Thanks a ton mate. I just received an email from Wordfence that class.wp.php was infected. I checked my host and observed that all of my blogs had class.wp.php which had obfuscated code. I decoded it and came to know that it was inserting users into database. I then came across your post and I also removed wp-cd.php file from all my blogs. I then edited all post.php files and removed the code which was calling wp-cd.php. Could you please let me know what else should I do?
Thank you for sharing your experience. You need to remove whatever plugin (or theme) did this in the first place. Replace all WordPress files, check all themes for extra code and all plugins too, best to remove the and upload clean files. Remove users added by this malware. And, stop downloading pirated plugins, the price of the plugin is not worth getting your website destroyed.
Thanks for the quick response. I appreciate it.
Isn’t there an alternate way to scan all files on cpanel for “malicious code injector”? I have multiple blogs running on shared host.
How about the possibility of malicious code in database? If the db is hacked then how would I know which fields/tables need to be removed?

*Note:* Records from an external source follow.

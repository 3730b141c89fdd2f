ghost use Rattle.std.specs.Prelude.{◌≡◌, ◌<◌, None, IfOk, OnErr, IfSome};
ghost use Rattle.std.specs.FinMap as map;
ghost use Rattle.std.specs.Option.{option_copied};
ghost use Rattle.page_pool.specs.Images.{is_seen, is_seen_by};

use crate::table::Table;
use sand_base::NoMemory;
use std::alloc::Global;
use std::marker::Model;

/// How many stamps are held at most.
pub(crate) const MOST_STAMPS: u64 = 16;

/// The held stamps, each in a slot: how many commands had begun as it was taken.
#[derive(Drop)]
pub(crate) struct Held {
    stamps: Table<u64>,
}

impl Model for Held {
    ghost use Rattle.page_pool.specs.Images.{HeldMap, AreSixteenSlots};
    ghost use Rattle.page_pool.specs.Codes.{held_map_code};

    ghost Value = { HeldMap };

    ghost coded = { held_map_code };

    ghost view = { λ a. a.stamps };

    ghost invariant = { λ a. AreSixteenSlots a.stamps };
}

impl Held {
    pub(crate) fn new(alloc: Global) -> Held
        ensures { result ≡ map.empty }
    {
        Held {
            stamps: Table::new(alloc),
        }
    }

    pub(crate) fn get(&self, slot: u64) -> Option<u64>
        ensures { result ≡ map.get self.now slot }
    {
        match self.stamps.get(slot) {
            Some(at) => Some(*at),
            None => None,
        }
    }

    // Whether some held stamp sees an image that was made and replaced so.
    pub(crate) fn sees(&self, made: u64, until: u64) -> bool
        ensures { result ≡ is_seen self.now made until }
    {
        let _stamps = &self.stamps; // (the slots are below)
        'slots: for slot in 0..MOST_STAMPS {
            if self.is_seen_in(slot, made, until) {
                return true;
            }
        }
        false
    }

    // Whether the stamp in the slot, where one is, sees an image that was made and replaced so.
    fn is_seen_in(&self, slot: u64, made: u64, until: u64) -> bool
        ensures { result ≡ is_seen_by made until (map.get self.now slot) }
    {
        match self.get(slot) {
            Some(at) => made <= at && at < until,
            None => false,
        }
    }

    // Holds a stamp in a slot of its own.
    pub(crate) fn keep(&mut self, at: u64) -> Result<u64, NoMemory>
        ensures free { IfOk result (λ slot. map.get self.old slot ≡ None) }
        ensures few { IfOk result (λ slot. slot < 16) }
        ensures kept { IfOk result (λ slot. self.new ≡ map.insert self.old slot at) }
        ensures unchanged { OnErr result (self.new ≡ self.old) }
    {
        let Some(slot) = self.free_slot() else {
            return Err(NoMemory {});
        };
        self.stamps.insert(slot, at)?;
        Ok(slot)
    }

    // A slot with no stamp.
    fn free_slot(&self) -> Option<u64>
        ensures free { IfSome result (λ slot. map.get self.now slot ≡ None) }
        ensures few { IfSome result (λ slot. slot < 16) }
    {
        'slots: for slot in 0..MOST_STAMPS {
            if self.get(slot).is_none() {
                return Some(slot);
            }
        }
        None
    }

    pub(crate) fn release(&mut self, slot: u64)
        ensures { self.new ≡ map.remove self.old slot }
    {
        self.stamps.take(slot);
    }
}
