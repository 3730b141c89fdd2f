ghost use Rattle.std.specs.Prelude.{◌≡◌, OnOk, OnErr};
ghost use Rattle.std.specs.FinMap as map;
ghost use Rattle.std.specs.Option.{option_copied};

use crate::table::Table;
use sand_base::NoMemory;
use std::alloc::Global;
use std::marker::Model;

/// The digest of what was last written at each place, in a table by place.
#[derive(Drop)]
pub(crate) struct Digests {
    kept: Table<[u8; 32]>,
}

impl Model for Digests {
    ghost use Rattle.page_pool.specs.Disk.{DigestMap};
    ghost use Rattle.page_pool.specs.Inside.{page_map_code};

    ghost Value = { DigestMap };

    ghost coded = { page_map_code };

    ghost view = { λ a. a.kept };
}

impl Digests {
    pub(crate) fn new(alloc: Global) -> Digests
        ensures { result ≡ map.empty }
    {
        Digests {
            kept: Table::new(alloc),
        }
    }

    pub(crate) fn get(&self, place: u64) -> Option<&[u8; 32]>
        ensures { option_copied result ≡ map.get self.now place }
    {
        self.kept.get(place)
    }

    pub(crate) fn insert(&mut self, place: u64, digest: [u8; 32]) -> Result<(), NoMemory>
        ensures kept { OnOk result (self.new ≡ map.insert self.old place digest) }
        ensures unchanged { OnErr result (self.new ≡ self.old) }
    {
        self.kept.insert(place, digest)
    }
}
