ghost use Rattle.std.specs.Prelude.{◌≡◌};

use crate::past::Past;

/// The newest image of a page: where it lies, and how many commands had begun as it was written.
#[derive(Clone, Copy)]
pub(crate) struct Home {
    pub(crate) place: u64,
    pub(crate) made: u64,
}

impl Home {
    // The image of page `n` as one that was replaced when so many commands had begun.
    pub(crate) fn replaced(self, n: u64, until: u64) -> Past
        ensures { result ≡ record { number = n; made = self.made; until = until } }
    {
        Past {
            number: n,
            made: self.made,
            until,
        }
    }
}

BTW I have created a ticket on hostgator support asking them to scan all the files and database for malicious code.
There are some security plugins that can do that, but they are usually checking only if files are changed in some way, and the process is not 100% reliable.
Alright. Thanks again for the article and your inputs.
MillaN, thank you so much for your article, helped me a lot and I clean my website. I will never use pirated plugins again – is like you said, you can be without money, but even so: “In the end, the price you pay will never be as high as the price you might end up paying by using pirated plugins and themes.” Fortunately, I payed for the theme and many plugins, but I got infectect by one, just one that I thought I could get for free. Now I learned.
By the way, I respect a lot the work of programmers and developers and I think everyone should receive for their hard work. Otherwise, it is not fair at all. Thank you again.
Thanks for the comments Ana! People usually don’t understand how much work it takes to make the plugin or a theme. And, there are markets that sell plugins for next to nothing and that changes users perspective on the price the plugins or themes should have.
Great explanation on how malware works in infecting your site and what to do about it. Having decent WordPress security processes in place can certainly save a lot of time wasted on avoidable problems.